Proteger as margens Mantém as duas horas antes e depois do pico o mais calmas e simples possível. Evita sobrecarga de stress e dá tempo ao corpo para se adaptar.
Planeamento honesto Agenda a recuperação como um compromisso e diz com clareza o que não consegues fazer. Permite cumprir o que prometes sem sacrificar a saúde nem a alegria.

Perguntas frequentes

  • É normal sentir-me muito mais drenado(a) por dias longos depois dos 60?
    Sim. Alterações hormonais, recuperação mais lenta e um sistema nervoso mais sensível tornam os dias intensos mais caros - mesmo que “na cabeça te sintas jovem”.
  • A regra de um pico por dia quer dizer que não posso ser ativo(a)?
    Não. Quer dizer que equilibras o dia: um esforço grande, rodeado de atividades mais leves e com menos stress, em vez de empilhar várias coisas exigentes.
  • O que conta como um “pico de energia”?
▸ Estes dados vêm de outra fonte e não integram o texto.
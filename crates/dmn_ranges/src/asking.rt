//! All values that the inputs of a table's columns can have, as the analysis of the table is asked about them.
ghost use Rattle.std.specs.Prelude.{◌≡◌, ◌++◌, List, [], ℕ, IfOk, IfSome, IsTrue, true, length, map};
ghost use Rattle.std.specs.Arc.{arc_str_bytes};
ghost use Rattle.std.specs.List.{list_all};
ghost use Rattle.feel_value.specs.Datum.{Datum};
ghost use Rattle.dmn_analysis.specs.Asked.{is_asked, is_asked_text};
ghost use Rattle.dmn_analysis.specs.Cells.{is_text_among};
ghost use Rattle.dmn_ranges.specs.Asking.{AskColumns, text_in, texts_in, numbers_asked as numbers_asked_of};
ghost use Rattle.dmn_ranges.specs.Ranges.{is_among, lies_in};
ghost use Rattle.dmn_ranges.specs.Steps.{are_numbers as are_numbers_of};

use crate::interval::Interval;
use crate::outcomes::Outcomes;
use crate::range::{Range, are_numbers, either};
use crate::texts::{Texts, Word};
use dmn_analysis::{Asked, Numbers, Texts as AskedTexts};
use std::alloc::{AllocError, Global};
use std::sync::ArcStr;

fn numbers_asked(numbers: Option<Interval>) -> Numbers
    ensures { result ≡ numbers_asked_of numbers }
{
    match numbers {
        Some(numbers) => Numbers::Between(numbers.low, numbers.high),
        None => Numbers::None,
    }
}

// These texts, and that of one word more, if it is there; None where its bytes are no text.
fn with_text(
    alloc: Global,
    texts: Vec<ArcStr>,
    word: &Option<Word>,
) -> Result<Option<Vec<ArcStr>>, AllocError>
    ensures { IfOk result (λ found. IfSome found (λ more. map arc_str_bytes more.items ≡ map arc_str_bytes texts.items ++ text_in word.now)) }
{
    let Some(word) = word else {
        return Ok(Some(texts));
    };
    let Some(text) = word.as_str() else {
        return Ok(None);
    };
    let text = ArcStr::from_str(alloc, text)?;
    let mut more = texts;
    more.push(text)?;
    Ok(Some(more))
}

// The texts of these words; None where the bytes of one are no text.
fn texts_of(alloc: Global, words: &[Option<Word>]) -> Result<Option<Vec<ArcStr>>, AllocError>
    ensures { IfOk result (λ found. IfSome found (λ texts. map arc_str_bytes texts.items ≡ texts_in words.now)) }
{
    let mut texts = Vec::new(alloc);
    for word in words {
        let Some(more) = with_text(alloc, texts, word)? else {
            return Ok(None);
        };
        texts = more;
    }
    Ok(Some(texts))
}

fn are_none(texts: &[ArcStr]) -> bool
    ensures { IsTrue result → texts.now ≡ [] }
{
    texts.is_empty()
}

// These texts.
fn those(texts: Vec<ArcStr>) -> AskedTexts
    ensures { (s : List ℕ) → is_text_among texts.items s ≡ true → is_asked_text result s ≡ true }
{
    if are_none(&texts) {
        return AskedTexts::None;
    }
    AskedTexts::These(texts)
}

fn texts_asked(alloc: Global, texts: &Texts) -> Result<AskedTexts, AllocError>
    ensures { IfOk result (λ asked. (s : List ℕ) → is_among texts.now s ≡ true → is_asked_text asked s ≡ true) }
{
    let Texts::Few(words) = texts else {
        return Ok(AskedTexts::All);
    };
    let Some(texts) = texts_of(alloc, words)? else {
        return Ok(AskedTexts::All);
    };
    Ok(those(texts))
}

// All values of a range.
fn range_asked(alloc: Global, range: &Range) -> Result<Asked, AllocError>
    ensures { IfOk result (λ asked. (v : Datum) → lies_in range.now v ≡ true → is_asked asked v ≡ true) }
{
    let texts = texts_asked(alloc, &range.texts)?;
    Ok(Asked {
        null: range.nulls,
        truths: either(range.trues, range.falses),
        numbers: numbers_asked(range.numbers),
        texts,
        parted: either(range.lists, range.contexts),
    })
}

/// Of each column all values that its input can have, as the analysis of the table is asked about them.
pub fn columns_asked(alloc: Global, columns: &[Outcomes]) -> Result<Vec<Asked>, AllocError>
    ensures told { IfOk result (λ asked. AskColumns columns.now asked.items) }
    ensures count { IfOk result (λ asked. length asked.items ≡ length columns.now) }
{
    let mut asked = Vec::with_capacity(alloc, columns.len())?;
    for column in columns {
        let one = range_asked(alloc, &column.range)?;
        asked.push(one)?;
    }
    Ok(asked)
}

fn has_values(column: &Outcomes) -> bool
    ensures { result ≡ are_numbers_of column.now.range.numbers }
{
    are_numbers(column.range.numbers)
}

/// Whether each number that the input of a column can be is one of the range of numbers.
pub(crate) fn have_values(columns: &[Outcomes]) -> bool
    ensures { result ≡ list_all (λ o. are_numbers_of o.range.numbers) columns.now }
{
    columns.iter().all(|column| has_values(column))
}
    Tudo o que te deixa mental, emocional ou fisicamente a fervilhar - ou vazio(a): conduções longas, eventos cheios de gente, consultas médicas, decisões importantes, tarefas domésticas pesadas.
  • Como explico isto à família sem parecer frágil?
    Enquadra como gestão de energia: “Tenho o mesmo 100% de sempre, só que já não consigo gastá-lo todo numa tarde. Quero estar realmente presente, não a meio gás.”
  • Dá para recuperar alguma da resistência que perdi?
    Muitas vezes dá para melhorar com sono, exercício suave, alimentação e redução de stress. Mas respeitar o teu orçamento diário de energia continuará a ser importante, seja qual for o teu nível de forma física.